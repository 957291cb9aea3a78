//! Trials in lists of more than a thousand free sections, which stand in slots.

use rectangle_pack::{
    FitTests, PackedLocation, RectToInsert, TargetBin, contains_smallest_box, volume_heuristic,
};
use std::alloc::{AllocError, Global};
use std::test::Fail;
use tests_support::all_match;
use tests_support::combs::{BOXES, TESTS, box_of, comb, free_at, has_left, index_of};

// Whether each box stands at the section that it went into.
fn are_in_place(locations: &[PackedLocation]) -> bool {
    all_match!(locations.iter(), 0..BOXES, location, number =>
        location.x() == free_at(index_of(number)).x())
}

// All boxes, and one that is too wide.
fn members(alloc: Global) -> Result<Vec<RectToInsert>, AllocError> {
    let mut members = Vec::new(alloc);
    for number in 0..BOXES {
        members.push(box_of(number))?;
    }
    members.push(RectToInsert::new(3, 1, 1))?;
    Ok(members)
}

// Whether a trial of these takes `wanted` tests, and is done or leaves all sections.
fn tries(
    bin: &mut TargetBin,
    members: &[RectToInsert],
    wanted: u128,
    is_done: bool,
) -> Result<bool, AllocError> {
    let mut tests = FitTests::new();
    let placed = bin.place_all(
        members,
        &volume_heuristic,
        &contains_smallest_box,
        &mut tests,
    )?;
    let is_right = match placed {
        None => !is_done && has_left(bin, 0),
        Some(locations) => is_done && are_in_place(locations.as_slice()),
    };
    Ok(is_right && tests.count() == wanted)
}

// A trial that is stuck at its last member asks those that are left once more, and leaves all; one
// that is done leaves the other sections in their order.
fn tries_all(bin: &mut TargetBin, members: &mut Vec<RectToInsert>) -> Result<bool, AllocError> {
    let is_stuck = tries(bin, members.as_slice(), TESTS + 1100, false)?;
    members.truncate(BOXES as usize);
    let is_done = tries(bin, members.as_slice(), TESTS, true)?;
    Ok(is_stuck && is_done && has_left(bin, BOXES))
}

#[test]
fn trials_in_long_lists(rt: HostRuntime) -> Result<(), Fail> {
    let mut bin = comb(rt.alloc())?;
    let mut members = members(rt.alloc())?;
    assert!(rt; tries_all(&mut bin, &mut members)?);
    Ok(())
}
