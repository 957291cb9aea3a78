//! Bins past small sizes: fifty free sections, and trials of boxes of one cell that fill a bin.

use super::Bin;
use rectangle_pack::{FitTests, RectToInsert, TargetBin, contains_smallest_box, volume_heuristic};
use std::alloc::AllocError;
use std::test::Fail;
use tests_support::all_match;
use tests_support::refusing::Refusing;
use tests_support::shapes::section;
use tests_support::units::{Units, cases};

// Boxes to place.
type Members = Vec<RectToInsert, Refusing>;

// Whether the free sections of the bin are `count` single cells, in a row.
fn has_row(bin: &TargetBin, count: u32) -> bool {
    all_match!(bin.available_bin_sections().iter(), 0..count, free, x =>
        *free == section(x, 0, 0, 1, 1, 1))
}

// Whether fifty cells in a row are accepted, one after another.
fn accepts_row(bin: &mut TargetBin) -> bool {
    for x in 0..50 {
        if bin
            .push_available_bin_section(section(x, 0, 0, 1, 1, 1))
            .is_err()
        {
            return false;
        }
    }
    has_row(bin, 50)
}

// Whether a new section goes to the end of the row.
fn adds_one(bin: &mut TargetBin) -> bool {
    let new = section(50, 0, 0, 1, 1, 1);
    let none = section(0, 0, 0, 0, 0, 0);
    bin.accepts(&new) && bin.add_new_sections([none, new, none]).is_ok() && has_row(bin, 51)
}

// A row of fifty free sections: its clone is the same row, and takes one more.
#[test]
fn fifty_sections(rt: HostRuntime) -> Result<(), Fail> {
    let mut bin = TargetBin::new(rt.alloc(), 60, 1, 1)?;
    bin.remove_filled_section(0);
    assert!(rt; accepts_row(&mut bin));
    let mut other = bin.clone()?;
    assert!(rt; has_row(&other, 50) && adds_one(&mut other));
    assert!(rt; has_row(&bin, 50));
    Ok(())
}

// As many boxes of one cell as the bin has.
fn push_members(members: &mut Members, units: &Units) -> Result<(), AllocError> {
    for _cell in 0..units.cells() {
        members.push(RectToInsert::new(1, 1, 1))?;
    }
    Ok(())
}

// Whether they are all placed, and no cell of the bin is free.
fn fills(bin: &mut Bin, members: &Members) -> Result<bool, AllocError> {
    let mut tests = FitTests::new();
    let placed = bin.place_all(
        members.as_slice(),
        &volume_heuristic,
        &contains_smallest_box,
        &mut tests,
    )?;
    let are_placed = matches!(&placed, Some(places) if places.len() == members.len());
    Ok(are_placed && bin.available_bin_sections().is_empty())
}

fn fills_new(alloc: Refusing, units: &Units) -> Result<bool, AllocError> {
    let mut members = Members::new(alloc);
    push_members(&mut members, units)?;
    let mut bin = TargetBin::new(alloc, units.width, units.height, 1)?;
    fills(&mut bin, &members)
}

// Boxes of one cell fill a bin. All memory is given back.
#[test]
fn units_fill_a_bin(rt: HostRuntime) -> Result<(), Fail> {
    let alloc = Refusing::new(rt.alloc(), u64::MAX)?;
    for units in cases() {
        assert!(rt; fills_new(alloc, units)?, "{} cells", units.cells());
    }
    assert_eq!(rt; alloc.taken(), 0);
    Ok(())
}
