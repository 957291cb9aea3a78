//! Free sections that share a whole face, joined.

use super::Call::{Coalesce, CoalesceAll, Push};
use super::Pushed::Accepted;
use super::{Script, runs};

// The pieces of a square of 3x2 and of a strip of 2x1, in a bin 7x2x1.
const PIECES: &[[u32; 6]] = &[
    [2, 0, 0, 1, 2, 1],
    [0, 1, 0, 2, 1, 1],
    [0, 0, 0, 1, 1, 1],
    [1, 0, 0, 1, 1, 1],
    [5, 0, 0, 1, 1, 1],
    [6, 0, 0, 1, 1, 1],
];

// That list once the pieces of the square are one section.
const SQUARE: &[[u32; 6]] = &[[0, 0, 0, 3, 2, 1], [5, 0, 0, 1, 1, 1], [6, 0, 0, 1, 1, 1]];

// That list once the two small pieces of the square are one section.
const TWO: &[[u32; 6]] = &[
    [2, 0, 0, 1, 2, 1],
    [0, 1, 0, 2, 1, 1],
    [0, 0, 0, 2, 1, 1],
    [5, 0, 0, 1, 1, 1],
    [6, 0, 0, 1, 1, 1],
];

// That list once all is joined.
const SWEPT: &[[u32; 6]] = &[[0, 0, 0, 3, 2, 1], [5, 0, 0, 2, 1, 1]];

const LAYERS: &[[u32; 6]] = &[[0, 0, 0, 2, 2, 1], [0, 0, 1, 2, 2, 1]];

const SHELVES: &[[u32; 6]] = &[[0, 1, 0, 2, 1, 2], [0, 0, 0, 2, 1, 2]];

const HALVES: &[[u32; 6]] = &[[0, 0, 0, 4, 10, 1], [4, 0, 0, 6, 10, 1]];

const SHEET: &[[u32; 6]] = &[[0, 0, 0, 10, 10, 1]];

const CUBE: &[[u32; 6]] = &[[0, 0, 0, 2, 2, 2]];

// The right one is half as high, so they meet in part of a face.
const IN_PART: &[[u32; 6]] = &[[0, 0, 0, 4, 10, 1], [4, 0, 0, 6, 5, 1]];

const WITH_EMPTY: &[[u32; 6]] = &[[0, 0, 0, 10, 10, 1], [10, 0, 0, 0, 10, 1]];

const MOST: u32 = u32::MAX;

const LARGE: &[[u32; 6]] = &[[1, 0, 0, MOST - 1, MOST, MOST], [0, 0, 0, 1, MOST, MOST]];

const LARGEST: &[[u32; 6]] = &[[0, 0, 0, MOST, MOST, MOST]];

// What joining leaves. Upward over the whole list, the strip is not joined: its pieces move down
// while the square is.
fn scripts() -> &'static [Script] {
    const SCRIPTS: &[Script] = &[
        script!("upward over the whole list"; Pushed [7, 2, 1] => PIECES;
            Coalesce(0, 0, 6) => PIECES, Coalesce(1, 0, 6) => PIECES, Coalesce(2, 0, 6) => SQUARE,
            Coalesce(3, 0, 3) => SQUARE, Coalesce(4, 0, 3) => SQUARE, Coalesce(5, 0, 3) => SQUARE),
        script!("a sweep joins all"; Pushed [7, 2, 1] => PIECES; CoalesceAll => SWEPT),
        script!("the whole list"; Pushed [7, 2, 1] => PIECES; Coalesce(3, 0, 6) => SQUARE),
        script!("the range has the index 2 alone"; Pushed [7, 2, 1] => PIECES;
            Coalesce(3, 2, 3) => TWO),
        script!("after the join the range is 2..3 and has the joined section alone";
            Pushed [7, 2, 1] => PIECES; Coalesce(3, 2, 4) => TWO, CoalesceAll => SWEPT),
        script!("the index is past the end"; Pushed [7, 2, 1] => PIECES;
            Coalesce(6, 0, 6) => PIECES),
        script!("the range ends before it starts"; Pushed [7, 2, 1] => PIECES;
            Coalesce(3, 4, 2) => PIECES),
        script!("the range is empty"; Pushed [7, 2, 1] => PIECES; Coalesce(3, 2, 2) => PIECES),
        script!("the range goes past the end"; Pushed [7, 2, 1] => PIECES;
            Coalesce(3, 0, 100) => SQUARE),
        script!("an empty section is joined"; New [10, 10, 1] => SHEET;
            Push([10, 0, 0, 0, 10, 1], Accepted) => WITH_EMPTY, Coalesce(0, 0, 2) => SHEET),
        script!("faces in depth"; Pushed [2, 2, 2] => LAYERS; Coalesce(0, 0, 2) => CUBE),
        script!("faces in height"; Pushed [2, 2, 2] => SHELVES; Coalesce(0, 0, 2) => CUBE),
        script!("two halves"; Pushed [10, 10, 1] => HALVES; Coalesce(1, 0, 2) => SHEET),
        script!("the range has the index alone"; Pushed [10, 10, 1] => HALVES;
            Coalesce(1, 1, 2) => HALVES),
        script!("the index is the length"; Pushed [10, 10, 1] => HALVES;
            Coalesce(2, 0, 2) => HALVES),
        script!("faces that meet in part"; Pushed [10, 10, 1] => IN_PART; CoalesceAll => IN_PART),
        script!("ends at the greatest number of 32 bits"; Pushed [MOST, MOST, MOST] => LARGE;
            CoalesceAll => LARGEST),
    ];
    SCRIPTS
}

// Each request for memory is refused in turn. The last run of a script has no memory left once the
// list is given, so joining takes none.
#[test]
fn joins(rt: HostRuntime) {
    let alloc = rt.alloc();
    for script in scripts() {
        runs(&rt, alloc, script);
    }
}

============================================================

▶ Try it
Going down the listing above, begin printing at the line with "let mut members = Vec::new(alloc);" and finish with the line with "use tests_support::shapes::section;", exactly as they appear.

▶ Answer for this exercise
    let mut members = Vec::new(alloc);
    for number in 0..BOXES {
        members.push(box_of(number))?;
    }
    members.push(RectToInsert::new(3, 1, 1))?;
    Ok(members)
}

// Whether a trial of these takes `wanted` tests, and is done or leaves all sections.
fn tries(
    bin: &mut TargetBin,
    members: &[RectToInsert],
    wanted: u128,
    is_done: bool,
) -> Result<bool, AllocError> {
    let mut tests = FitTests::new();
    let placed = bin.place_all(
        members,
        &volume_heuristic,
        &contains_smallest_box,
        &mut tests,
    )?;
    let is_right = match placed {
        None => !is_done && has_left(bin, 0),
        Some(locations) => is_done && are_in_place(locations.as_slice()),
    };
    Ok(is_right && tests.count() == wanted)
}

// A trial that is stuck at its last member asks those that are left once more, and leaves all; one
// that is done leaves the other sections in their order.
fn tries_all(bin: &mut TargetBin, members: &mut Vec<RectToInsert>) -> Result<bool, AllocError> {
    let is_stuck = tries(bin, members.as_slice(), TESTS + 1100, false)?;
    members.truncate(BOXES as usize);
    let is_done = tries(bin, members.as_slice(), TESTS, true)?;
    Ok(is_stuck && is_done && has_left(bin, BOXES))
}

#[test]
fn trials_in_long_lists(rt: HostRuntime) -> Result<(), Fail> {
    let mut bin = comb(rt.alloc())?;
    let mut members = members(rt.alloc())?;
    assert!(rt; tries_all(&mut bin, &mut members)?);
    Ok(())
}
repository 957291cb9aea3a78
//! Bins past small sizes: fifty free sections, and trials of boxes of one cell that fill a bin.

use super::Bin;
use rectangle_pack::{FitTests, RectToInsert, TargetBin, contains_smallest_box, volume_heuristic};
use std::alloc::AllocError;
use std::test::Fail;
use tests_support::all_match;
use tests_support::refusing::Refusing;
use tests_support::shapes::section;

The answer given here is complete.